Apple tends to make its claims regarding latest iPhone model combined with
latest iOS version combined with particular settings.

Thus, for example, in the San Bernardino case, the fact that the phone in
question was a 5C mattered. The 5C is not just an older phone, it has
different security-oriented hardware inside, and that does change the security
characteristics of the device.

Also, the Apple statement you keep pointing to said that Apple, as of iOS 8,
is unable to retrieve or reconstruct the key used to encrypt the phone's
storage. Which is true -- Apple cannot do that, and has designed things so
that Apple cannot do that. What the FBI wanted in that case was _not_ for
Apple to supply a key or a passcode (which they don't have). What the FBI
wanted was for Apple to create and sign and load a custom firmware which would
disable anti-brute-force protection for the passcode, allowing the FBI to
determine the passcode via brute force.
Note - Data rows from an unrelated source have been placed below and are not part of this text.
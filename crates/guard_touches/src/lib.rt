//! What the guards touch: an object with a name, at a key where there is one. The log of a page has a line for each touch, where
//! touches are asked for.
#![tactic(auto)]

mod touches;

ghost use Rattle.std.specs.Prelude.{◌≡◌, ℕ, false, List, []};
ghost use Rattle.es3_objects.specs.declared.value.Value.{Value};
ghost use Rattle.es3_heap.specs.Objects.{Objects};
ghost use Rattle.heap_rows.specs.Doing.{heard};
ghost use Rattle.guard_runtime.specs.declared.Guard.{Guard};
ghost use Rattle.guard_runtime.specs.Guards.{done_of};
ghost use Rattle.guard_touches.specs.Touches.{touches_of};

pub use touches::touched_by;

/// What a guard tells is what it touches, and nothing of it is heard where touches are not asked for.
pub fn a_guard_tells_what_it_touches()
    ensures touches { (guard : Guard) (by : ℕ) (args : List Value) (h : Objects) → (done_of guard by args h).items ≡ touches_of guard by args h }
    ensures unheard { (guard : Guard) (by : ℕ) (args : List Value) (h : Objects) → heard false (done_of guard by args h).items ≡ [] }
{}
Apple could do that, but refused to do
so.

And for completeness' sake, that avenue is no longer available on more recent
phones with more recent versions of iOS; performing an iOS update now requires
the passcode, regardless of whether the update is initiated from the phone or
from a connected device (even one previously designated as trusted).

------
bobsil1
If you drill down on the motion log in the iOS Health app, it's _very_
granular, like a web server log.

------
ozten
Perhaps it as improved, but last time I looked HealthKit data is buggy and end
user editable. Seems like one of those things that is useful, but not
definitive.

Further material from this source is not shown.